I LOVE this kit. Pete did a fantastic job on this Scenes release and every true fan of the scenes kits MUST own one (I have two ).
Nice paint up on it as well friend.:thumbsup:


----------



## Night-Owl (Mar 17, 2000)

Thanks for the kind words PS2 and Hunch! I have two as well; this one and the original issue from several years ago.


----------



## Anton Phibes (Jun 21, 2013)

Excellent!!!!!!!!!!!!!!!!!!!:thumbsup::thumbsup::thumbsup:


----------



## TAY666 (Jan 8, 2000)

Great job as always Rick.

Wish I had the time to crank them out like you do. You're really becoming a master of the 1/12-1/13 scale kits.


----------



## scooke123 (Apr 11, 2008)

Nice work Rick - hopefully I'll get to mine this winter!
Steve


----------



## Night-Owl (Mar 17, 2000)

Thanks Anton, Trevor and Steve for the kind words!


----------



## paulhelfrich (May 11, 2009)

Really nice work there, Rick.
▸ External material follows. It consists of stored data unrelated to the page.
//! A server from its first session to its last.

ghost use Rattle.std.specs.Prelude.{◌≡◌, IfNone, IfSome, IsSome, OnOk};
ghost use Rattle.sector_dev.specs.Disk.{IsHonest};
ghost use Rattle.sector_dev.specs.Image.{EveryImage};
ghost use Rattle.group_core.specs.Starting.{value_of_store};
ghost use Rattle.sector_dev.specs.Stretch.{Stretch};
ghost use Rattle.logged_state.specs.Left.{OpensToFrontOf, OpensToLog, OpensWithAll};
ghost use Rattle.logged_state.specs.Kept.{AllClaimsKept, AllShownKept};
ghost use Rattle.command_queue.specs.Orders.{commands_of, IsWithin, AreAllOf};

use crate::error::RunError;
use crate::options::Options;
use crate::reports::Reports;
use crate::server::Server;
use path_hub::{Ended, HubLeft, Reserved, with_workload};
use sector_dev::Device;
use server_front::{Listener, Listeners};
use std::alloc::Global;
use std::sync::Wait;
use std::thread::Threads;
use std::time::{Clock, Instant};

/// The home number of a server's state. A process runs one server.
const HOME: u64 = 1;

/// The parts of the system that the threads of a server use.
pub trait System: Wait + Clock + Threads + Copy + Drop + Send + Sync {}

impl<R: Wait + Clock + Threads + Copy + Drop + Send + Sync> System for R {}

/// Serves sessions over a store until the number that the options name has been started and has
/// ended. Returns that number, and the ended device with the log of all commands that were
/// accepted. An honest device opens to the store's rows and place after a front of that log with
/// all committed commands, whatever the sessions did and however the call ends. So it has each
/// command at its place that a session acknowledged: each session hands in the claims of those
/// commands at its end. At every moment since the store was opened a stop of the device would have
/// left a front of that log, and each of these commands from the moment of its commit on. Each
/// command of the log was handed in, in the log's order and once, by a sender: of a session, or of
/// the server's own purges. Where no log is left, nothing was served, and the device is the
/// store's. Errors:
///
/// - `Net`: the listener for sessions broke.
/// - `NoMemory`: the readers or a thread were not given.
///
/// Where the listener for requests of the numbers breaks, only their thread ends.
pub fn serve_store<R: System, L: Listener + Drop + Send, D: Device + Send, O: Reports + Sync>(
    rt: R,
    alloc: Global,
    listeners: Listeners<L>,
    store: Reserved<D>,
    options: &Options,
    reports: &O,
) -> (Ended<D>, Option<HubLeft>, Result<u64, RunError>)
    ensures left { IfSome result.1 (λ left. IsHonest (D.disk result.0)
        → EveryImage (D.disk result.0).history.now (OpensToLog (value_of_store store) left.log)) }
    ensures acknowledged { IfSome result.1 (λ left. IsHonest (D.disk result.0)
        → EveryImage (D.disk result.0).history.now (OpensWithAll (value_of_store store) left.acknowledged)) }
    ensures moments { IfSome result.1 (λ left.
        Stretch store.disk (D.disk result.0) (OpensToFrontOf (value_of_store store) left.log.commands 0)) }
    ensures since { IfSome result.1 (λ left. IsHonest store.disk
        → AllClaimsKept (value_of_store store) left.log (D.disk result.0).history left.acknowledged) }
    ensures looked { IfSome result.1 (λ left. IsHonest store.disk
        → AllShownKept (value_of_store store) left.log (D.disk result.0).history left.looked) }
    ensures queued { IfSome result.1 (λ left. IsWithin left.log.commands (commands_of left.queued)) }
    ensures sent { IfSome result.1 (λ left. AreAllOf left.queued left.senders) }
    ensures unmade { IfNone result.1 (D.disk result.0 ≡ store.disk) }
    ensures made { OnOk result.2 (IsSome result.1) }
{
    let begun = Instant::now(&rt).ok();
    let begun_at = seconds_since_1970(&rt);
    let server = Server::new(alloc, listeners, begun, begun_at, options, reports);
    let (device, left, attended) = with_workload(rt, alloc, store, HOME, &server);
    match attended {
        Ok(_) => (device, left, server.served()),
        Err(_) => (device, left, Err(RunError::NoMemory)),
    }
}

/// The number of seconds since 1970, or 0 where the clock cannot be read.
fn seconds_since_1970(clock: &impl Clock) -> u64 {
    match clock.since_1970() {
        Ok(since) => since.as_secs(),
        Err(_) => 0,
    }
}
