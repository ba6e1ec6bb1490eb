//! What is known of the purges that a server makes by itself.

use status_page::OwnPurges;
use std::sync::atomic::{AtomicBool, AtomicU64, Ordering};

/// What is known of the purges that a server makes by itself. Threads share it, so that no clause
/// says what that is.
#[derive(Drop)]
pub(crate) struct PurgeState {
    /// Whether the last one was refused.
    refused: AtomicBool,
    /// Whether the last one was not handed in, since the clock was not trusted.
    resting: AtomicBool,
    /// The number of rows that they have dropped.
    rows: AtomicU64,
}

impl PurgeState {
    /// None was made.
    pub(crate) fn new() -> PurgeState {
        PurgeState {
            refused: AtomicBool::new(false),
            resting: AtomicBool::new(false),
            rows: AtomicU64::new(0),
        }
    }

    /// Notes whether a purge was refused. Returns whether the one before was.
    pub(crate) fn note_refused(&self, refused: bool) -> bool {
        self.refused.swap(refused, Ordering::SeqCst)
    }

    /// Notes whether a purge was not handed in, since the clock was not trusted. Returns whether
    /// the one before was not.
    pub(crate) fn note_resting(&self, resting: bool) -> bool {
        self.resting.swap(resting, Ordering::SeqCst)
    }

    /// Counts the rows that a purge has dropped.
    pub(crate) fn count(&self, rows: u32) {
        self.rows.fetch_add(u64::from(rows), Ordering::SeqCst);
    }

    /// The number of rows that they have dropped.
    pub(crate) fn rows(&self) -> u64 {
        self.rows.load(Ordering::SeqCst)
    }

    /// What the page of numbers says of them.
    pub(crate) fn now(&self) -> OwnPurges {
        OwnPurges {
            resting: self.resting.load(Ordering::SeqCst),
            rows: self.rows(),
        }
    }
}
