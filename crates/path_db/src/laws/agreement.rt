//! The rows after registrations, in any order and repeated.

ghost use Rattle.path_db.specs.Agreement.{RegistrationsCommute, RegistrationsRepeat};

use crate::laws::command::{
    commands_keep_database, database_is_canonical, keys_are_separate, register_leaves_newest,
};

/// Registrations of the same segments give the same rows, in any order and any number of times,
/// where no two different segments of one key have the same timestamp.
pub fn registrations_commute()
    ensures { RegistrationsCommute }
{
    keys_are_separate();
    register_leaves_newest();
    database_is_canonical();
    commands_keep_database();
}

/// A registration whose segments were all registered before changes nothing.
pub fn registrations_repeat()
    ensures { RegistrationsRepeat }
{
    keys_are_separate();
    register_leaves_newest();
    database_is_canonical();
    commands_keep_database();
}
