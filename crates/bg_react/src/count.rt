//! How many nodes an instance will have, counted before it is made.
ghost use Rattle.std.specs.Prelude.{◌≡◌, ◌<◌, ◌≤◌, ◌+◌, ◌^◌, [], if◌then◌else◌, IfOk, MatchOption};
ghost use Rattle.bg_rules.specs.Instantiation.{late_nodes};
ghost use Rattle.bg_react.specs.Counting.{copied_nodes};

use crate::parts::Parts;
use bg_lists::Mem;
use std::alloc::Global;
use std::collections::BTreeSet;

/// The nodes of the copies that a map asks for.
#[derive(Clone, Copy, Drop)]
pub(crate) struct Count {
    /// Of all copies.
    pub(crate) nodes: u32,
    /// Of the late ones, whose part an earlier entry asks for too.
    pub(crate) late: u32,
}

/// The count for these entries, `None` where it passes `most`: then no entry after that is looked at. Costs for each
/// entry a logarithm of the number of nodes and of the entries; memory in proportion to the entries.
pub(crate) fn count_copies(
    alloc: Global,
    parts: &Parts<'_>,
    entries: &[u32],
    most: u32,
) -> Mem<Option<Count>>
    ensures { IfOk result (λ found. MatchOption found
        (most < copied_nodes parts.now entries.now)
        (λ count. (count.nodes ≡ copied_nodes parts.now entries.now) × (count.nodes ≤ most)
        × (count.late ≡ late_nodes parts.now [] entries.now))) }
{
    let mut count = Count { nodes: 0, late: 0 };
    let mut seen = BTreeSet::new(alloc);
    for region in entries {
        let nodes = parts.part(*region).len();
        if nodes > (most - count.nodes) as usize {
            return Ok(None);
        }
        let is_new = seen.insert(*region)?;
        count = count_with(count, nodes as u32, is_new);
    }
    Ok(Some(count))
}

/// The count with one more copy, of so many nodes.
fn count_with(count: Count, nodes: u32, is_new: bool) -> Count
    requires few { count.late ≤ count.nodes }
    requires room { count.nodes + nodes < 2 ^ 32 }
    ensures nodes { result.nodes ≡ count.nodes + nodes }
    ensures late { result.late ≡ count.late + (if is_new then 0 else nodes) }
{
    let late = if is_new { 0 } else { nodes };
    Count {
        nodes: count.nodes + nodes,
        late: count.late + late,
    }
}
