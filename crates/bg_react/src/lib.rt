//! Reaction: what a rule does to a host.
//!
//! - [`instantiate`]: copies of the parts of a parameter, as the map of a rule asks.
//! - [`Instance`]: these copies, and the number that is free after them.
//! - [`react`]: the redex at an occurrence replaced by the reactum. [`ReactFault`]: why a reaction does not take place.
#![tactic(auto)]

mod count;
mod instance;
mod parts;
mod reaction;

pub use bg_rules::ReactFault;
pub use instance::{Instance, instantiate};
pub use reaction::react;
Is this kit still in production?


----------



## Kitzillastein58 (Jan 27, 2009)

Excellent job, and a very cool kit! :thumbsup::thumbsup::thumbsup:

Mike :wave:


----------



## Anton Phibes (Jun 21, 2013)

paulhelfrich said:


> Really nice work there, Rick. Is this kit still in production?


Very limited production. Best hurry. Only 35 numbered kits.

http://sceners.net/Sceners.net/Molemento.html


----------



## Night-Owl (Mar 17, 2000)

Thanks Paul and Mike!


----------